━━ Given data ━━

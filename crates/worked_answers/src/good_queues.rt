// Each call once, on fields that one piece or a few pieces clear.
ghost use Rattle.std.specs.Prelude.{◌≡◌, ◌<◌};
ghost use Rattle.problem.specs.Problem.{IsFit};

use crate::questions::{Question, is_so, problem, problem_by};
use crate::small_fields::{SMALL_FIELDS, WAYS};
use hold_queue::Hold;
use percent::{Answers, rate, solvable};
use problem::Problem;
use reach::Steps;
use std::alloc::Global;
use std::marker::Brand;
use std::sync::ledger::{Blank, Ledger};

/// How many queues are good. `None` if the answer for a queue that is asked about alone differs from the one for all
/// queues at once.
fn good_count<L: Ledger>(alloc: Global, blank: Blank, problem: &Problem) -> Option<u32>
    requires name { blank.name ≡ L.name }
    requires parts { blank.parts ≡ L.parts }
    requires some { 0 < blank.parts }
    requires fit { IsFit problem.now }
{
    let mut steps = Steps::<L>::new(blank);
    let Ok(answers) = Answers::new(alloc, problem, &mut steps) else {
        return None;
    };
    let mut count = 0u32;
    for number in 0..problem.pattern.count() {
        let good = answers.is_good(number);
        match solvable(alloc, problem, &problem.pattern.queue(number), &mut steps) {
            Ok(alone) if alone == good => count = count.wrapping_add(u32::from(good)),
            _ => return None,
        }
    }
    (count == answers.count_good()).then_some(count)
}

const OPENER: &[u8] = b"XXXX____XX/XXXX___XXX/XXXX__XXXX/XXXX___XXX";

const OVERHANG: &[u8] = b"XXXXXXXX__/XXXXXX____/XXXXXXXX__";

/// Questions, and how many queues are good.
const GOOD_QUEUES: &[(Question, u32)] = &[
    ((b"XXXXXX____", 1, "*p2", Hold::Allowed), 12),
    ((b"XXXXXX____", 1, "*p2", Hold::Avoided), 6),
    ((OVERHANG, 3, "*p3", Hold::Allowed), 50),
    ((OVERHANG, 3, "*p3", Hold::Avoided), 15),
    ((OPENER, 4, "*p4", Hold::Allowed), 514),
    ((OPENER, 4, "*p4", Hold::Avoided), 144),
];

#[test]
fn queues_alone_and_all_queues_say_the_same(rt: HostRuntime) {
    for (question, good) in GOOD_QUEUES {
        let asked = problem(&rt, question);
        let found = good_count::<Brand>(rt.alloc(), Blank::new(1), &asked);
        is_so(&rt, found == Some(*good), question.2);
    }
}

#[test]
fn small_fields_in_each_way(rt: HostRuntime) {
    for (rows, height, pattern, held, counts) in SMALL_FIELDS {
        for number in 0..16 {
            let (hold, is_held, drop_mode, kicks) = WAYS[number];
            let way = (hold, is_held.then_some(*held), drop_mode, kicks);
            let asked = problem_by(&rt, rows.as_bytes(), *height, pattern, &way);
            let found = good_count::<Brand>(rt.alloc(), Blank::new(1), &asked);
            assert!(rt; found == Some(counts[number]), "{rows} in way {number}");
        }
    }
}

#[test]
fn rates_are_rounded_down(rt: HostRuntime) {
    is_so(&rt, rate(0, 1) == 0, "none");
    is_so(&rt, rate(2, 3) == 6_666, "two of three");
    is_so(&rt, rate(10_000_000, 10_000_000) == 10_000, "all");
}
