// Longest runs of small fields.
ghost use Rattle.std.specs.Prelude.{◌≡◌, ◌<◌};

use crate::questions::is_so;
use combo::{Run, longest, most_between_walls};
use hold_queue::Hold;
use moves::DropMode;
use queue_pattern::Queue;
use reach::Steps;
use srs::{Piece, Placement, Rotation, Rules};
use std::alloc::Global;
use std::marker::Brand;
use std::sync::ledger::{Blank, Ledger};
use well::Well;

/// Fields, and the most placements that the room between their walls allows.
const ROOMS: &[(&str, Option<u8>)] = &[
    ("", Some(0)),
    ("XXX_XXXXXX", Some(1)),
    ("XXX_XXXXXX/XXX_XXXXXX", Some(1)),
    ("XXX____XXX/XXXX_XXXXX", Some(4)),
    ("X_________/XXX____XXX", None),
    ("_________X/XXX____XXX", None),
    ("XX____XXXX", None),
    ("XXXXXXXXXX/XXX____XXX", None),
];

const LAID_FLAT: Placement = Placement {
    piece: Piece::I,
    rotation: Rotation::Spawn,
    x: 7,
    y: 0,
};

const UPRIGHT: Placement = Placement {
    piece: Piece::I,
    rotation: Rotation::Right,
    x: 3,
    y: 2,
};

fn queue_of(first: Piece, second: Piece) -> Queue {
    let mut queue = Queue::new();
    queue.push(first);
    queue.push(second);
    queue
}

fn longest_of<L: Ledger>(alloc: Global, blank: Blank, well: &Well, queue: &Queue) -> Run
    requires name { blank.name ≡ L.name }
    requires parts { blank.parts ≡ L.parts }
    requires some { 0 < blank.parts }
{
    let mut steps = Steps::<L>::new(blank);
    longest(
        alloc,
        well,
        &Rules::srs(),
        DropMode::Soft,
        queue,
        Hold::Avoided,
        None,
        &mut steps,
    )
}

/// Fields, and the longest runs of two straight pieces on them.
const STRAIGHT_RUNS: &[(&[u8], &[Placement])] = &[
    (b"XXXXXX____/XXXXXX____", &[LAID_FLAT, LAID_FLAT]),
    (b"XXX_XXXXXX/XXX_XXXXXX", &[UPRIGHT]),
];

#[test]
fn straight_pieces_clear_rows(rt: HostRuntime) {
    for (rows, placements) in STRAIGHT_RUNS {
        let well = Well::from_rows(rows).expect(&rt, "a rows text");
        let queue = queue_of(Piece::I, Piece::I);
        let run = longest_of::<Brand>(rt.alloc(), Blank::new(1), &well, &queue);
        is_so(&rt, run.as_slice() == *placements, "a longest run");
    }
}

#[test]
fn the_room_between_walls_is_counted(rt: HostRuntime) {
    for (text, most) in ROOMS {
        let well = Well::from_rows(text.as_bytes()).expect(&rt, "a rows text");
        is_so(&rt, most_between_walls(&well) == *most, text);
    }
}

━━━

Exact transcription of the listing is needed, with no line left out.

> [Answer]
filename crates/worked_answers/src/good_queues.rt
// Each call once, on fields that one piece or a few pieces clear.
ghost use Rattle.std.specs.Prelude.{◌≡◌, ◌<◌};
ghost use Rattle.problem.specs.Problem.{IsFit};

use crate::questions::{Question, is_so, problem, problem_by};
use crate::small_fields::{SMALL_FIELDS, WAYS};
use hold_queue::Hold;
use percent::{Answers, rate, solvable};
use problem::Problem;
use reach::Steps;
use std::alloc::Global;
use std::marker::Brand;
use std::sync::ledger::{Blank, Ledger};

/// How many queues are good. `None` if the answer for a queue that is asked about alone differs from the one for all
/// queues at once.
fn good_count<L: Ledger>(alloc: Global, blank: Blank, problem: &Problem) -> Option<u32>
    requires name { blank.name ≡ L.name }
    requires parts { blank.parts ≡ L.parts }
    requires some { 0 < blank.parts }
    requires fit { IsFit problem.now }
{
    let mut steps = Steps::<L>::new(blank);
    let Ok(answers) = Answers::new(alloc, problem, &mut steps) else {
        return None;
    };
    let mut count = 0u32;
    for number in 0..problem.pattern.count() {
        let good = answers.is_good(number);
        match solvable(alloc, problem, &problem.pattern.queue(number), &mut steps) {
            Ok(alone) if alone == good => count = count.wrapping_add(u32::from(good)),
            _ => return None,
        }
    }
    (count == answers.count_good()).then_some(count)
}

const OPENER: &[u8] = b"XXXX____XX/XXXX___XXX/XXXX__XXXX/XXXX___XXX";

const OVERHANG: &[u8] = b"XXXXXXXX__/XXXXXX____/XXXXXXXX__";

/// Questions, and how many queues are good.
const GOOD_QUEUES: &[(Question, u32)] = &[
    ((b"XXXXXX____", 1, "*p2", Hold::Allowed), 12),
    ((b"XXXXXX____", 1, "*p2", Hold::Avoided), 6),
    ((OVERHANG, 3, "*p3", Hold::Allowed), 50),
    ((OVERHANG, 3, "*p3", Hold::Avoided), 15),
    ((OPENER, 4, "*p4", Hold::Allowed), 514),
    ((OPENER, 4, "*p4", Hold::Avoided), 144),
];

#[test]
fn queues_alone_and_all_queues_say_the_same(rt: HostRuntime) {
    for (question, good) in GOOD_QUEUES {
        let asked = problem(&rt, question);
        let found = good_count::<Brand>(rt.alloc(), Blank::new(1), &asked);
        is_so(&rt, found == Some(*good), question.2);
    }
}

#[test]
fn small_fields_in_each_way(rt: HostRuntime) {
    for (rows, height, pattern, held, counts) in SMALL_FIELDS {
        for number in 0..16 {
            let (hold, is_held, drop_mode, kicks) = WAYS[number];
            let way = (hold, is_held.then_some(*held), drop_mode, kicks);
            let asked = problem_by(&rt, rows.as_bytes(), *height, pattern, &way);
            let found = good_count::<Brand>(rt.alloc(), Blank::new(1), &asked);
            assert!(rt; found == Some(counts[number]), "{rows} in way {number}");
        }
    }
}

#[test]
fn rates_are_rounded_down(rt: HostRuntime) {
    is_so(&rt, rate(0, 1) == 0, "none");
    is_so(&rt, rate(2, 3) == 6_666, "two of three");
    is_so(&rt, rate(10_000_000, 10_000_000) == 10_000, "all");
}
// Longest runs of small fields.
ghost use Rattle.std.specs.Prelude.{◌≡◌, ◌<◌};

use crate::questions::is_so;
use combo::{Run, longest, most_between_walls};
use hold_queue::Hold;
use moves::DropMode;
use queue_pattern::Queue;
use reach::Steps;
use srs::{Piece, Placement, Rotation, Rules};
use std::alloc::Global;
use std::marker::Brand;
use std::sync::ledger::{Blank, Ledger};
use well::Well;

/// Fields, and the most placements that the room between their walls allows.
const ROOMS: &[(&str, Option<u8>)] = &[
    ("", Some(0)),
    ("XXX_XXXXXX", Some(1)),
    ("XXX_XXXXXX/XXX_XXXXXX", Some(1)),
    ("XXX____XXX/XXXX_XXXXX", Some(4)),
    ("X_________/XXX____XXX", None),
    ("_________X/XXX____XXX", None),
    ("XX____XXXX", None),
    ("XXXXXXXXXX/XXX____XXX", None),
];

const LAID_FLAT: Placement = Placement {
    piece: Piece::I,
    rotation: Rotation::Spawn,
    x: 7,
    y: 0,
};

const UPRIGHT: Placement = Placement {
    piece: Piece::I,
    rotation: Rotation::Right,
    x: 3,
    y: 2,
};

fn queue_of(first: Piece, second: Piece) -> Queue {
    let mut queue = Queue::new();
    queue.push(first);
    queue.push(second);
    queue
}

fn longest_of<L: Ledger>(alloc: Global, blank: Blank, well: &Well, queue: &Queue) -> Run
    requires name { blank.name ≡ L.name }
    requires parts { blank.parts ≡ L.parts }
    requires some { 0 < blank.parts }
{
    let mut steps = Steps::<L>::new(blank);
    longest(
        alloc,
        well,
        &Rules::srs(),
        DropMode::Soft,
        queue,
        Hold::Avoided,
        None,
        &mut steps,
    )
}

/// Fields, and the longest runs of two straight pieces on them.
const STRAIGHT_RUNS: &[(&[u8], &[Placement])] = &[
    (b"XXXXXX____/XXXXXX____", &[LAID_FLAT, LAID_FLAT]),
    (b"XXX_XXXXXX/XXX_XXXXXX", &[UPRIGHT]),
];

#[test]
fn straight_pieces_clear_rows(rt: HostRuntime) {
    for (rows, placements) in STRAIGHT_RUNS {
        let well = Well::from_rows(rows).expect(&rt, "a rows text");
        let queue = queue_of(Piece::I, Piece::I);
        let run = longest_of::<Brand>(rt.alloc(), Blank::new(1), &well, &queue);
        is_so(&rt, run.as_slice() == *placements, "a longest run");
    }
}

#[test]
fn the_room_between_walls_is_counted(rt: HostRuntime) {
    for (text, most) in ROOMS {
        let well = Well::from_rows(text.as_bytes()).expect(&rt, "a rows text");
        is_so(&rt, most_between_walls(&well) == *most, text);
    }
}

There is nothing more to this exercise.